We have great relationships with them. We launched Musical.ly before it was TikTok. We have been locked arms with TikTok ever since in terms of understanding their business and how they work. We have access to all the APIs across every platform and the same thing for the other platforms. It was this whole notion of social media is changing rapidly.
Our relationships with the platforms give us the ability to prepare creators for new and exciting things they have coming on and for new and hard things they are going to have to deal with. It cuts both ways. It allows us to stay nimble as a company for our brands and get them access to things, getting them the ability to get workshops even around certain new items. The tie-in with the platforms is important in all parts of our business. That is how we keep in tune with what is going on over there. At the end of the day, that is our nucleus. All of our creators and marketing happens on their platforms. It is inherently important.

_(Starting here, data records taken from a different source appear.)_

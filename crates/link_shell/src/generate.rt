// The command `generate NUMBER`.
ghost use Rattle.std.specs.Prelude.{◌≡◌, IfOk, IfSome, is_some, map, string_bytes, true};
ghost use Rattle.command_scripts.specs.Does.{Does};
ghost use Rattle.command_steps.specs.Reviewed.{found_of, IsDecidedPlan, IsReviewed, shared_decisions_of};
ghost use Rattle.command_scripts.specs.Steps.{sink_seen, store_seen};
ghost use Rattle.csv_rows.specs.Numbers.{number_in};
ghost use Rattle.link_base.specs.Fault.{Gives};
ghost use Rattle.link_core.specs.Results.{KeepsRows};
ghost use Rattle.link_core.specs.Rules.{IsPreparedFor};
ghost use Rattle.link_shell.specs.Generate.{are_generate_words, decided_input, decided_sample, generate_script, IsMadeNumber, is_rows_word, rows_asked};
ghost use Rattle.link_plan.specs.Ranges.{KeepsRanges};
ghost use Rattle.workload.specs.Made.{text_of_a, text_of_b, text_of_sample, text_of_settings};

use crate::run_settings::finish_found;
use crate::words::word_at;
use command_scripts::{Ended, print};
use command_steps::{DecidedPlan, Reviewed, ReviewedSettings, prepare_files};
use csv_rows::read_decimal;
use link_base::Fault;
use link_core::{Prepared, counted, decide_all};
use link_limits::MOST_ROWS;
use link_outside::{Refusal, Sink, Store};
use link_plan::Plan;
use link_report::first_lines;
use review_journal::Journal;
use settings::read_settings;
use std::alloc::Global;
use workload::{MadeInput, make_input};

/// How many lines of a report stand before its dropped candidates.
const HEAD_LINES: u32 = 16;

// How many rows a word asks for.
fn rows_of(word: &str) -> Option<u32>
    ensures some { is_some result ≡ is_rows_word word.now }
    ensures value { IfSome result (λ rows. rows ≡ number_in word.now) }
    ensures range { IfSome result IsMadeNumber }
{
    match read_decimal(word.as_bytes(), MOST_ROWS) {
        Some(rows) if 2 <= rows => Some(rows),
        _ => None,
    }
}

// Reads the words: how many rows a file has.
pub(crate) fn read(words: &[String]) -> Option<u32>
    ensures some { is_some result ≡ are_generate_words (map string_bytes words.now) }
    ensures rows { IfSome result (λ rows. rows ≡ rows_asked (map string_bytes words.now)) }
    ensures range { IfSome result IsMadeNumber }
{
    if words.len() != 2 {
        return None;
    }
    rows_of(word_at(words, 1))
}

// Counts a sample over the prepared files of a plan, and decides on their compared pairs.
fn decide_sample(
    alloc: Global,
    plan: &Plan,
    files: &Prepared,
    sample: &[u8],
) -> Result<DecidedPlan, Fault>
    requires ranges { KeepsRanges plan.now }
    requires ready { IsPreparedFor plan.now files.now }
    ensures answer { Gives (shared_decisions_of files.now) (decided_sample plan.now files.now.files sample.now) result }
    ensures decided { IfOk result (IsDecidedPlan plan.now files.now true) }
{
    let shares = counted(alloc, plan, files, sample)?;
    match decide_all(alloc, plan, files, &shares, true) {
        Ok(decided) => Ok(DecidedPlan { shares, decided }),
        Err(fault) => {
            drop(shares);
            Err(fault)
        }
    }
}

// Reads a made input, and decides on its compared pairs.
fn decide_input(alloc: Global, input: &MadeInput) -> Result<ReviewedSettings, Fault>
    ensures answer { Gives found_of (decided_input input.now.settings input.now.a input.now.b input.now.sample) result }
    ensures found { IfOk result IsReviewed }
    ensures rows { IfOk result (λ s. KeepsRows s.plan s.reviewed.files s.reviewed.decided) }
{
    let plan = read_settings(alloc, input.settings.bytes())?;
    let files = match prepare_files(alloc, &plan, input.a.bytes(), input.b.bytes()) {
        Ok(files) => files,
        Err(fault) => {
            drop(plan);
            return Err(fault);
        }
    };
    match decide_sample(alloc, &plan, &files, input.sample.bytes()) {
        Ok(found) => Ok(ReviewedSettings {
            plan,
            reviewed: Reviewed {
                files,
                shares: found.shares,
                decided: found.decided,
                journal: Journal::new(alloc),
            },
        }),
        Err(fault) => {
            drop(files);
            drop(plan);
            Err(fault)
        }
    }
}

// Decides on the compared pairs of the made input of so many rows.
fn decide_made(alloc: Global, rows: u32) -> Result<ReviewedSettings, Fault>
    requires { IsMadeNumber rows }
    ensures answer { Gives found_of (decided_input (text_of_settings rows) (text_of_a rows) (text_of_b rows) (text_of_sample rows)) result }
    ensures found { IfOk result IsReviewed }
    ensures rows { IfOk result (λ s. KeepsRows s.plan s.reviewed.files s.reviewed.decided) }
{
    let input = make_input(alloc, rows)?;
    let made = decide_input(alloc, &input);
    drop(input);
    made
}

// Follows the script.
pub(crate) fn perform<S: Store, O: Sink>(
    alloc: Global,
    rows: u32,
    store: &mut S,
    out: &mut O,
) -> Result<Ended, Refusal>
    requires { IsMadeNumber rows }
    ensures { Does (generate_script rows) (store_seen S.tells S.held S.faults store.old store.new) (sink_seen O.tells O.taken O.faults out.old out.new) result }
{
    let found = decide_made(alloc, rows)?;
    let results = finish_found(alloc, found)?;
    let head = first_lines(results.report.bytes(), HEAD_LINES);
    let ended = print(alloc, Ended::Done, head, out);
    drop(results);
    ended
}
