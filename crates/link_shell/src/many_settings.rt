// The command `many SETTINGS CAPACITIES`.
ghost use Rattle.std.specs.Prelude.{◌≡◌, IfOk, IfSome, is_some, map, string_bytes};
ghost use Rattle.command_scripts.specs.Does.{Does};
ghost use Rattle.command_steps.specs.Reviewed.{found_of, IsReviewed};
ghost use Rattle.command_scripts.specs.Steps.{sink_seen, store_seen, Makes, Takes};
ghost use Rattle.link_core.specs.Many.{AreCapacitiesOf};
ghost use Rattle.link_shell.specs.DuplicatesSettings.{are_many_words, capacity_file, capacity_plan, IsLinksText, many_in, many_of_request, many_script};

use crate::words::{is_settings, is_short, word_at};
use command_scripts::{Ended, load_file, print_text};
use command_steps::{ReviewedSettings, load_reviewed_settings};
use link_base::{FileRole, Text};
use link_core::{Capacities, capacities_in_file, many_lines};
use link_outside::{Refusal, Sink, Store};
use std::alloc::Global;

/// A settings file, and a file of the capacities of the records of B.
#[derive(Clone, Copy)]
pub(crate) struct ManyRequest<'w> {
    pub(crate) name: &'w str,
    pub(crate) capacities: &'w str,
}

// Reads the words.
pub(crate) fn read(words: &[String]) -> Option<ManyRequest<'_>>
    ensures some { is_some result ≡ are_many_words (map string_bytes words.now) }
    ensures request { IfSome result (λ r. many_of_request r ≡ many_in (map string_bytes words.now)) }
{
    if words.len() != 3 {
        return None;
    }
    let name = word_at(words, 1);
    let capacities = word_at(words, 2);
    if is_settings(name) && is_short(capacities) {
        Some(ManyRequest { name, capacities })
    } else {
        None
    }
}

// Loads the capacities of the records of B.
fn load_capacities<S: Store>(
    alloc: Global,
    store: &mut S,
    found: &ReviewedSettings,
    name: &str,
) -> Result<Capacities, Refusal>
    ensures takes { Takes (capacity_file found.now.reviewed.files.files name.now) (store_seen S.tells S.held S.faults store.old store.new) result }
    ensures of_files { IfOk result (AreCapacitiesOf found.now.reviewed.files.files) }
{
    let bytes = load_file(alloc, store, name, FileRole::Capacities)?;
    let read = capacities_in_file(alloc, &found.reviewed.files, bytes.bytes());
    drop(bytes);
    let capacities = read?;
    Ok(capacities)
}

// Loads the capacities, and makes the text of links within them, and of their prices.
fn text_of_found<S: Store>(
    alloc: Global,
    store: &mut S,
    found: &ReviewedSettings,
    name: &str,
) -> Result<Text, Refusal>
    requires { IsReviewed found.now }
    ensures { Makes (capacity_plan (found_of found.now) name.now) IsLinksText (store_seen S.tells S.held S.faults store.old store.new) result }
{
    let capacities = load_capacities(alloc, store, found, name)?;
    let reviewed = &found.reviewed;
    let lines = many_lines(
        alloc,
        &found.plan,
        &reviewed.files,
        &reviewed.decided,
        &reviewed.journal,
        &capacities,
    );
    drop(capacities);
    let text = lines?;
    Ok(text)
}

// Follows the script.
pub(crate) fn perform<S: Store, O: Sink>(
    alloc: Global,
    request: &ManyRequest<'_>,
    store: &mut S,
    out: &mut O,
) -> Result<Ended, Refusal>
    ensures { Does (many_script (many_of_request request.now)) (store_seen S.tells S.held S.faults store.old store.new) (sink_seen O.tells O.taken O.faults out.old out.new) result }
{
    let found = load_reviewed_settings(alloc, store, request.name, false)?;
    let made = text_of_found(alloc, store, &found, request.capacities);
    drop(found);
    let text = made?;
    print_text(alloc, Ended::Done, text, out)
}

The other side of how we measure things is we are real advocates of the creator space. We do not go to Silicon Valley and raise a bunch of money trying to create a platform. We are the guys who invested our time in sleeping on creator couches. I remember being in Brea, California, in a two-bedroom with five TikTokers, David Dobrik, and names now that would boggle people’s minds. All of us grinding together.
Part of what that taught us was being in tune with our space is more important than being in tune with the business portion of our space because creators allow us to understand what is working, what is not, what is coming, what they are seeing, and what they are feeling. We are not looking at creators as commodities, but we are looking at them in a way that they are almost their own little independent media companies. It allows us to get that connective tissue to them. I tell people this all the time, “If you want a social expert, influencers are the social expert.” Everyone is looking to hire social experts. Creators are the best expert you can get in most cases. We learn a lot from them.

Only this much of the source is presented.